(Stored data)
........
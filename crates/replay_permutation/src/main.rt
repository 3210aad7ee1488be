// Runs stored traces of the Rust through the trace, the permutation and each round, forth and back,
// by value and in place, and writes how many answers differ.
#![tactic(auto)]

mod vectors;

use refusals::Refusal;
use replay::Tally;
use states::{in_place, trace};
use std::io;
use tip5::{inverse, permutation};

/// The entry state and that after each round.
pub type Trace = [[u64; 16]; 6];

// Compares what a call by value and its twin in place make of a state.
fn moved<V, I>(tally: &mut Tally, before: [u64; 16], after: [u64; 16], by_value: V, in_place: I)
where
    V: FnOnce([u64; 16]) -> Result<[u64; 16], Refusal>,
    I: FnOnce(&mut [u64]) -> Result<(), Refusal>,
    requires value { V.IsAlwaysCallable by_value }
    requires place { I.IsAlwaysCallable in_place }
{
    tally.note(by_value(before) == Ok(after));
    let mut lent = before;
    let answer = in_place(&mut lent);
    tally.note(answer == Ok(()) && lent == after);
}

// Compares the 25 answers on one trace: itself, and the permutation and five rounds in four ways.
fn add(tally: &mut Tally, states: &Trace) {
    let flat = states.as_flattened();
    tally.note(trace::trace(states[0]).is_ok_and(|answer| answer.as_slice() == flat));
    moved(
        tally,
        states[0],
        states[5],
        permutation::permutation,
        in_place::permute,
    );
    moved(
        tally,
        states[5],
        states[0],
        inverse::inv_permutation,
        in_place::inv_permute,
    );
    for round in 0..5 {
        moved(
            tally,
            states[round],
            states[round + 1],
            |state| permutation::round(round, state),
            |state| in_place::permute_round(round, state),
        );
        moved(
            tally,
            states[round + 1],
            states[round],
            |state| inverse::inv_round(round, state),
            |state| in_place::inv_permute_round(round, state),
        );
    }
}

fn add_all(tally: &mut Tally, traces: &[Trace]) {
    for states in traces {
        add(tally, states);
    }
}

fn main(rt: HostRuntime) -> io::Result<()> {
    let mut tally = Tally::default();
    add_all(&mut tally, &vectors::KNOWN);
    add_all(&mut tally, &vectors::BEYOND_P);
    add_all(&mut tally, &vectors::EDGES);
    add_all(&mut tally, &vectors::CHANCE);
    println!(rt;
        "permutation: {} cases, {} different",
        tally.cases, tally.different
    )
}
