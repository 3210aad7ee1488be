// No code: that no contract of a public call leaves a second outcome.
#![tactic(auto)]
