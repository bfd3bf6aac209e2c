//! One dispatch of a service up to its emission: IEC 61499-1 edition 2, 6.1 and annex A, this project's profile.

ghost use Rattle.std.specs.Prelude.{◌≡◌, ◌≤◌, ◌<◌, ℕ, ℤ, List, length, None, Some, IfSome};
ghost use Rattle.std.specs.List.{AllByRecursion};
ghost use Rattle.fb_words.specs.declared.elem_type.ElemType as element;
ghost use Rattle.fb_model.specs.Values.{Values as BookValues};
ghost use Rattle.fb_model.specs.System as system;
ghost use Rattle.fb_model.specs.Services.{qi, qo, sent, received, numbered, service_event_outputs};
ghost use Rattle.fb_types_services.specs.Views.{service_of, channel_of};
ghost use Rattle.st_exec.specs.Cells.{values_of, forms_of};
ghost use Rattle.st_exec.specs.Kept.{plain_slot_of, room_of};
ghost use Rattle.fb_chart.specs.Ports.{slots_of};
ghost use Rattle.fb_chart.specs.Responses.{Replies};
ghost use Rattle.fb_chart.specs.Serving.{SendsFit, CanReply};

use crate::Store;
use crate::quality::{open, publish, subscribe};
use crate::standing::{Effect, Occurrence, Ports, Response, Standing, silent};
use crate::timer::{cycle, delay};
use crate::transfer::{receive, sent_values};
use fb_types_services::{Channel, Service};
use fb_words::ElemType;

// An arrival of an INPUT: its values are received, and IND is emitted.
fn arrive(slots: &[usize], values: &[i64], standing: Standing, own: &mut Store) -> Response
    requires few { length values.now ≤ length slots.now }
    requires within { AllByRecursion (λ (n : ℕ). n < room_of own.old) slots.now }
    ensures output { result.output ≡ Some 0 }
    ensures standing { result.standing ≡ standing }
    ensures effect { result.effect ≡ None }
    ensures reply { (number clock event : ℕ) (types : List element.ElemType) (issued : BookValues) → length values.now ≤ length types → slots.now ≡ slots_of (forms_of own.old) (numbered received 1 types) → Replies (system.Input number types) clock event values.now (values_of own.old) (values_of own.new) issued standing result }
    ensures forms { forms_of own.new ≡ forms_of own.old }
{
    receive(slots, values, own);
    Response {
        standing,
        output: Some(0),
        effect: None,
    }
}

// REQ of an OUTPUT: it writes the values of its data inputs.
fn write(number: u16, slots: &[usize], standing: Standing, own: &Store) -> Response
    requires { length slots.now ≤ 16 }
    ensures output { result.output ≡ None }
    ensures reply { (clock event : ℕ) (types : List element.ElemType) (values : List ℤ) (issued : BookValues) → slots.now ≡ slots_of (forms_of own.now) (numbered sent 1 types) → Replies (system.Output number types) clock event values (values_of own.now) (values_of own.now) issued standing result }
{
    Response {
        standing,
        output: None,
        effect: Some(Effect::Write(number, sent_values(slots, own))),
    }
}

// INIT and REQ of a PUBLISH.
fn published(
    channel: &Channel,
    types: &[ElemType],
    ports: &Ports,
    event: u16,
    standing: Standing,
    own: &mut Store,
) -> Response
    requires quality_in { ports.now.quality_in ≡ plain_slot_of own.old qi }
    requires quality_out { ports.now.quality_out ≡ plain_slot_of own.old qo }
    requires within { ports.now.quality_out < room_of own.old }
    requires few { length types.now ≤ 16 }
    requires slots { ports.now.sent.items ≡ slots_of (forms_of own.old) (numbered sent 1 types.now) }
    requires sends { SendsFit (system.Publish (channel_of channel.now) types.now) (values_of own.old) }
    ensures output { IfSome result.output (λ k. k < 2) }
    ensures reply { (clock : ℕ) (values : List ℤ) (issued : BookValues) → Replies (system.Publish (channel_of channel.now) types.now) clock event values (values_of own.old) (values_of own.new) issued standing result }
    ensures forms { forms_of own.new ≡ forms_of own.old }
{
    match event {
        0 => open(ports, standing, own),
        _ => publish(channel.number, types, ports, standing, own),
    }
}

// INIT, RSP and an arrival of a SUBSCRIBE.
fn subscribed(
    ports: &Ports,
    event: u16,
    values: &[i64],
    standing: Standing,
    own: &mut Store,
) -> Response
    requires quality_in { ports.now.quality_in ≡ plain_slot_of own.old qi }
    requires quality_out { ports.now.quality_out ≡ plain_slot_of own.old qo }
    requires within { ports.now.quality_out < room_of own.old }
    requires few { length values.now ≤ length ports.now.received.items }
    requires all_within { AllByRecursion (λ (n : ℕ). n < room_of own.old) ports.now.received.items }
    ensures output { IfSome result.output (λ k. k < 2) }
    ensures reply { (clock : ℕ) (channel : system.Channel) (types : List element.ElemType) (issued : BookValues) → length values.now ≤ length types → ports.now.received.items ≡ slots_of (forms_of own.old) (numbered received 1 types) → Replies (system.Subscribe channel types) clock event values.now (values_of own.old) (values_of own.new) issued standing result }
    ensures forms { forms_of own.new ≡ forms_of own.old }
{
    match event {
        0 => open(ports, standing, own),
        1 => silent(standing),
        _ => subscribe(ports, values, standing, own),
    }
}

/// One dispatch of a service, whose inputs are sampled: its working values after it, and what it comes to.
pub(crate) fn reply(
    service: &Service,
    ports: &Ports,
    occurrence: &Occurrence,
    standing: Standing,
    own: &mut Store,
) -> Response
    requires ready { CanReply (service_of service.now) ports.now (forms_of own.old) occurrence.now.values.now }
    requires sends { SendsFit (service_of service.now) (values_of own.old) }
    ensures output { IfSome result.output (λ k. k < length (service_event_outputs (service_of service.now))) }
    ensures reply { (issued : BookValues) → Replies (service_of service.now) occurrence.now.clock occurrence.now.point.event occurrence.now.values.now (values_of own.old) (values_of own.new) issued standing result }
    ensures forms { forms_of own.new ≡ forms_of own.old }
{
    let event = occurrence.point.event;
    let clock = occurrence.clock;
    match service {
        Service::Input(_, _) => arrive(&ports.received, occurrence.values, standing, own),
        Service::Output(number, _) => write(*number, &ports.sent, standing, own),
        Service::Publish(channel, types) => {
            published(channel, types, ports, event, standing, own)
        }
        Service::Subscribe(_, _) => { subscribed(ports, event, occurrence.values, standing, own) }
        Service::Delay => delay(ports.time, event, clock, standing, own),
        Service::Cycle => cycle(ports.time, event, clock, standing, own),
        Service::Restart => Response {
            standing,
            output: Some(0),
            effect: None,
        },
    }
}
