//! Values that go from block to block: IEC 61499-1 edition 2, 4.5.3 and 5.2.2.

ghost use Rattle.std.specs.Prelude.{◌≡◌, [], ◌∷◌, map, string_bytes};
ghost use Rattle.std.specs.List.{AllByRecursion};
ghost use Rattle.fb_model.specs.Store.{where_in};
ghost use Rattle.st_exec.specs.Cells.{values_of, forms_of};
ghost use Rattle.fb_chart.specs.Views.{given_names};
ghost use Rattle.fb_chart.specs.Sampling.{CanTake, CanGive, sampled_by};

use crate::table::{Give, Source, Take};
use st_exec::Store;

// A data input takes the value of its source.
fn sample_one(taken: &Take, issued: &[Store], own: &mut Store)
    requires { CanTake issued.now (forms_of own.old) taken.now }
    ensures values { values_of own.new ≡ sampled_by issued.now (forms_of own.old) (taken.now ∷ []) (values_of own.old) }
    ensures forms { forms_of own.new ≡ forms_of own.old }
{
    match &taken.source {
        Source::Output(block, _, slot) => {
            own.copy(taken.slot, &issued[*block as usize], *slot, taken.count);
        }
        Source::Number(number) => own.fill(taken.slot, taken.count, *number),
    }
}

/// At a dispatch each data input that is WITH the event takes the issued value of its source, in order. `issued` has the issued outputs of
/// all blocks of the device by their numbers.
pub fn sample(takes: &[Take], issued: &[Store], own: &mut Store)
    requires { AllByRecursion (CanTake issued.now (forms_of own.old)) takes.now }
    ensures values { values_of own.new ≡ sampled_by issued.now (forms_of own.old) takes.now (values_of own.old) }
    ensures forms { forms_of own.new ≡ forms_of own.old }
{
    for taken in takes {
        sample_one(taken, issued, own);
    }
}

/// At an emission each data output that is WITH the event output is issued.
pub(crate) fn issue(gives: &[Give], own: &Store, issued: &mut Store)
    requires { AllByRecursion (CanGive (forms_of own.now) (forms_of issued.old)) gives.now }
    ensures values { values_of issued.new ≡ where_in (given_names gives.now) (values_of own.now) (values_of issued.old) }
    ensures forms { forms_of issued.new ≡ forms_of issued.old }
{
    for given in gives {
        issued.copy(given.issued, own, given.own, given.count);
    }
}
........
> _Problem details_: Among the lines of the data, find every one that holds "answers" and copy it.

> _Expected answer_:
// by value and in place, and writes how many answers differ.
// Compares the 25 answers on one trace: itself, and the permutation and five rounds in four ways.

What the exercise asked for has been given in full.